DOI:10.1128/JCM.01481-09
PMID:20071551
原文链接:https://pmc.ncbi.nlm.nih.gov/articles/PMC2832456/
Abstract

This paper reports on the development of a one-step, real-time reverse transcription-loop-mediated isothermal amplification (RT-LAMP) assay targeting the hemagglutinin (HA) gene for the rapid molecular-based detection of pandemic (H1N1) 2009 virus. The detection limit of the pandemic (H1N1) 2009 virus HA-specific RT-LAMP assay was same as that of the currently used real-time reverse transcription-PCR method. The assay detected the pandemic (H1N1) 2009 virus HA gene in 136 RNA samples extracted from nasopharyngeal swab specimens from Japanese and Vietnamese patients. No cross-reactive amplification with the RNA of other seasonal influenza viruses was observed, and the detection of specific viral genome targets in clinical specimens was achieved in less than 40 min. The sensitivity and specificity of the pandemic (H1N1) 2009 virus HA-specific RT-LAMP assay obtained in this study were 97.8% and 100%, respectively. Use of the (H1N1) 2009 virus HA-specific RT-LAMP assay will enable the faster and easier diagnosis of pandemic (H1N1) 2009 virus infection, especially in resource-limited situations in developing countries.

摘要

本文报道了一种针对血凝素 (HA) 基因的一步法、实时逆转录环介导等温扩增 (RT-LAMP) 检测方法的开发,用于快速基于分子的检测大流行 (H1N1) 2009 病毒。
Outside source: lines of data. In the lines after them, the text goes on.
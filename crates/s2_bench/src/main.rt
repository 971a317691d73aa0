//! Times the calls of the curve, of cell ids, of normal forms and of covers over pseudo-random cells and
//! rectangles. The two arguments are how many of them, and how often each call goes over all of them, in turn
//! with the others. The least time of a call, in picoseconds, goes to standard error; the sum of all results,
//! which is the same on each run, to standard output. bench/curve compares both with the S2 library's.
//!
//! With the words `covers` and a number it prints so many rectangles, each with the tokens of its cover,
//! which bench/s2 compares with the S2 library one by one.
#![tactic(auto)]

mod cells;
mod measures;
mod rects;

use crate::cells::{Inputs, random_inputs};
use crate::measures::{LIMIT, MEASURES, Measure};
use crate::rects::{Form, random_rects};
use anyhow::Context;
use s2_cover::{Rect, cover};
use std::alloc::Global;
use std::env;
use std::time::{Duration, Instant};

// The `n`th word after the program's name, a number.
fn number(rt: &HostRuntime, n: usize) -> anyhow::Result<u32> {
    let word = env::args(rt)?.nth(n).context("an argument is missing")?;
    Ok(word.as_str().parse()?)
}

fn picoseconds(time: Duration, calls: usize) -> u128 {
    time.as_nanos() * 1000 / (calls.max(1) as u128)
}

// Makes all calls of a measure; the least of the times that they and those before took.
fn time_once(
    rt: &HostRuntime,
    inputs: &Inputs,
    measure: Measure,
    least: Duration,
) -> anyhow::Result<Duration> {
    let start = Instant::now(rt)?;
    let _sum = measure.sum(rt.alloc(), inputs)?;
    Ok(start.elapsed(rt)?.min(least))
}

// Prints the rectangles of each form, fewer than `count` each, with the cells of their covers.
fn print_covers(rt: &HostRuntime, count: u32) -> anyhow::Result<()> {
    let alloc = rt.alloc();
    for form in [Form::Any, Form::Row] {
        let rects = random_rects(alloc, count, form)?;
        let mut text = String::new(alloc);
        for rect in &rects {
            push_cover(alloc, &mut text, rect)?;
        }
        print!(rt; "{text}")?;
    }
    Ok(())
}

// Appends a rectangle and the tokens of its cover, as a line.
fn push_cover(alloc: Global, text: &mut String, rect: &Rect) -> anyhow::Result<()> {
    let (face, level) = (rect.face(), rect.level());
    let (i_min, i_max, j_min, j_max) = (rect.i_min(), rect.i_max(), rect.j_min(), rect.j_max());
    let parts = format!(in alloc; "{face} {i_min} {i_max} {j_min} {j_max} {level}")?;
    text.push_str(&parts)?;
    for cell in cover(alloc, rect, LIMIT)?.cells() {
        text.push(' ')?;
        text.push_str(cell.token().as_str())?;
    }
    text.push('\n')?;
    Ok(())
}

// Times all measures, and prints their sums.
fn time_all(rt: &HostRuntime) -> anyhow::Result<()> {
    let inputs = random_inputs(rt.alloc(), number(rt, 1)?)?;
    let rounds = number(rt, 2)?;
    let mut least = [Duration::MAX; MEASURES.len()];
    for _ in 0..rounds {
        for (time, (_, measure)) in least.iter_mut().zip(&MEASURES) {
            *time = time_once(rt, &inputs, *measure, *time)?;
        }
    }
    for (time, (name, measure)) in least.iter().zip(&MEASURES) {
        let sum = measure.sum(rt.alloc(), &inputs)?;
        println!(rt; "{name} {sum:016x}")?;
        eprintln!(rt; "{name} {}", picoseconds(*time, measure.calls(&inputs)))?;
    }
    Ok(())
}

fn main(rt: HostRuntime) -> anyhow::Result<()> {
    let first = env::args(&rt)?.nth(1).context("no arguments")?;
    if first.as_str() == "covers" {
        print_covers(&rt, number(&rt, 2)?)
    } else {
        time_all(&rt)
    }
}
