//! Pseudo-random rectangles that lie on whole squares of their level, the same on each run.

ghost use Rattle.std.specs.Prelude.{◌<◌};

use crate::cells::Numbers;
use s2_cover::Rect;
use std::alloc::{AllocError, Global};

// How many leaves a face has along a side.
const FACE_SIDE: u64 = 1 << 30;

// Rectangles have levels from 24 up to 8, that is 0 to 16 above the greatest.
const LEVEL: u64 = 24;

const LEVELS: u64 = 17;

// How many leaves a square of the greatest level has along a side.
const SQUARE_SIDE: u64 = 64;

// The most squares along a side.
const SQUARES: u64 = 24;

// How many squares a row has.
const IN_A_ROW: u64 = 256;

/// What rectangles are made.
#[derive(Clone, Copy)]
pub enum Form {
    /// 1 to 24 squares along each side.
    Any,
    /// A row of 256 squares, each of which is a cell of the cover.
    Row,
}

/// Of so many rectangles those that lie on their face.
pub fn random_rects(alloc: Global, count: u32, form: Form) -> Result<Vec<Rect>, AllocError> {
    let mut numbers = Numbers { state: 2 };
    let mut rects = Vec::new(alloc);
    for _ in 0..count {
        if let Some(rect) = random_rect(&mut numbers, form) {
            rects.push(rect)?;
        }
    }
    Ok(rects)
}

fn random_rect(numbers: &mut Numbers, form: Form) -> Option<Rect> {
    let face = numbers.next() % 6;
    let above = numbers.next() % LEVELS;
    let (wide, high) = match form {
        Form::Any => (1 + numbers.next() % SQUARES, 1 + numbers.next() % SQUARES),
        Form::Row => (1, IN_A_ROW),
    };
    let side = SQUARE_SIDE << above;
    let (i_min, i_max) = coordinates(numbers.next(), wide, side);
    let (j_min, j_max) = coordinates(numbers.next(), high, side);
    Rect::try_new(
        u8::try_from(face).ok()?,
        u32::try_from(i_min).ok()?,
        u32::try_from(i_max).ok()?,
        u32::try_from(j_min).ok()?,
        u32::try_from(j_max).ok()?,
        u8::try_from(LEVEL - above).ok()?,
    )
    .ok()
}

// The least and the greatest coordinate of so many squares, the first of which lies round a place.
fn coordinates(place: u64, squares: u64, side: u64) -> (u64, u64)
    requires { 0 < side }
{
    let place = place % FACE_SIDE;
    let least = place - place % side;
    let greatest = squares
        .wrapping_mul(side)
        .wrapping_add(least)
        .wrapping_sub(1);
    (least, greatest)
}
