//! Pseudo-random cells, the same on each run.

ghost use Rattle.std.specs.Prelude.{◌≡◌, ◌*◌, ◌^◌, ◌<◌, ◌≤◌};
ghost use Rattle.s2_cellid.specs.Cell.{level_of};

use crate::rects::{Form, random_rects};
use s2_cellid::CellId;
use s2_cover::Rect;
use s2_hilbert::{Leaf, leaf_at};
use std::alloc::{AllocError, Global};

const LEAVES: u64 = 6 << 60;

// How many leaves a region has, the square of level 20 from which a list of cells takes its cells.
const REGION: u64 = 1 << 20;

// How many cells in a row are taken from one region.
const IN_A_REGION: usize = 256;

/// The position of a leaf.
#[derive(Clone, Copy)]
pub struct Place {
    pub position: u64,
    ghost below: { position < 6 * 2 ^ 60 },
}

/// A cell, and a level of a cell above it or its own.
#[derive(Clone, Copy)]
pub struct Climb {
    pub cell: CellId,
    pub level: u8,
    ghost above: { level ≤ level_of cell },
}

/// What the calls are given, as many of each.
#[derive(Drop)]
pub struct Inputs {
    /// Positions all over the faces.
    pub places: Vec<Place>,
    /// The leaves at those positions.
    pub leaves: Vec<Leaf>,
    /// Cells of all levels, one round each of those leaves.
    pub cells: Vec<CellId>,
    /// The same cells, each with a level.
    pub climbs: Vec<Climb>,
    /// The tokens of those cells.
    pub tokens: Vec<String>,
    /// Cells of the levels 22 to 26 that lie close to one another, many of them in others.
    pub close: Vec<CellId>,
    // Rectangles on whole squares, and rows of squares.
    any_rects: Vec<Rect>,
    rows: Vec<Rect>,
}

impl Inputs {
    /// The rectangles of a form.
    pub fn rects(&self, form: Form) -> &[Rect] {
        match form {
            Form::Any => &self.any_rects,
            Form::Row => &self.rows,
        }
    }
}

/// Steele, Lea and Flood's generator SplitMix64.
#[derive(Drop)]
pub struct Numbers {
    pub state: u64,
}

impl Numbers {
    /// The next number.
    pub fn next(&mut self) -> u64 {
        self.state = self.state.wrapping_add(0x9e37_79b9_7f4a_7c15);
        let mixed = (self.state ^ self.state >> 30).wrapping_mul(0xbf58_476d_1ce4_e5b9);
        let mixed = (mixed ^ mixed >> 27).wrapping_mul(0x94d0_49bb_1331_11eb);
        mixed ^ mixed >> 31
    }

    fn place(&mut self) -> Place {
        Place {
            position: self.next() % LEAVES,
        }
    }
}

/// Inputs of `count` places.
pub fn random_inputs(alloc: Global, count: u32) -> Result<Inputs, AllocError> {
    let mut numbers = Numbers { state: 1 };
    let mut inputs = Inputs {
        places: Vec::new(alloc),
        leaves: Vec::new(alloc),
        cells: Vec::new(alloc),
        climbs: Vec::new(alloc),
        tokens: Vec::new(alloc),
        close: Vec::new(alloc),
        any_rects: random_rects(alloc, count, Form::Any)?,
        rows: random_rects(alloc, count, Form::Row)?,
    };
    for _ in 0..count {
        let place = numbers.place();
        let leaf = leaf_at(place.position);
        let cell = cell_round(leaf, (numbers.next() % 31) as u8);
        inputs.places.push(place)?;
        inputs.leaves.push(leaf)?;
        inputs.cells.push(cell)?;
        inputs.climbs.push(climb_from(cell, numbers.next()))?;
        inputs.tokens.push(format!(in alloc; "{cell}")?)?;
    }
    push_close(&mut numbers, &mut inputs)?;
    Ok(inputs)
}

// The cell with one of the levels down to its own.
fn climb_from(cell: CellId, number: u64) -> Climb {
    let levels = u64::from(cell.level()) + 1;
    Climb {
        cell,
        level: (number % levels) as u8,
    }
}

// Fills the list of close cells up to the length of the others.
fn push_close(numbers: &mut Numbers, inputs: &mut Inputs) -> Result<(), AllocError> {
    let mut region = numbers.place();
    for place in 0..inputs.cells.len() {
        if place % IN_A_REGION == 0 {
            region = numbers.place();
        }
        let leaf = leaf_at(place_near(region.position, numbers.next()));
        let cell = cell_round(leaf, (22 + numbers.next() % 5) as u8);
        inputs.close.push(cell)?;
    }
    Ok(())
}

// The position in the region round another at a distance from the region's start.
fn place_near(position: u64, distance: u64) -> u64
    requires { position < 6 * 2 ^ 60 }
    ensures { result < 6 * 2 ^ 60 }
{
    position / REGION * REGION + distance % REGION
}

// The cell of a level round a leaf.
fn cell_round(leaf: Leaf, level: u8) -> CellId
    requires { level ≤ 30 }
    ensures { level_of result ≡ level }
{
    CellId::of_leaf(leaf).parent(level)
}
大流行 (H1N1) 2009 病毒 HA 特异性 RT-LAMP 检测方法的检测限与目前使用的实时逆转录-PCR 方法相同。该检测方法在从日本和越南患者鼻咽拭子样本中提取的 136 个 RNA 样本中检测到大流行 (H1N1) 2009 病毒 HA 基因。未观察到与其他季节性流感病毒的 RNA 发生交叉反应性扩增,在不到 40 分钟的时间内即可在临床标本中检测到特定病毒基因组靶标。本研究中获得的大流行 (H1N1) 2009 病毒 HA 特异性 RT-LAMP 检测方法的灵敏度和特异性分别为 97.8%和 100%。使用 (H1N1) 2009 病毒 HA 特异性 RT-LAMP 检测方法将能够更快、更容易地诊断大流行 (H1N1) 2009 病毒感染,特别是在发展中国家资源有限的情况下。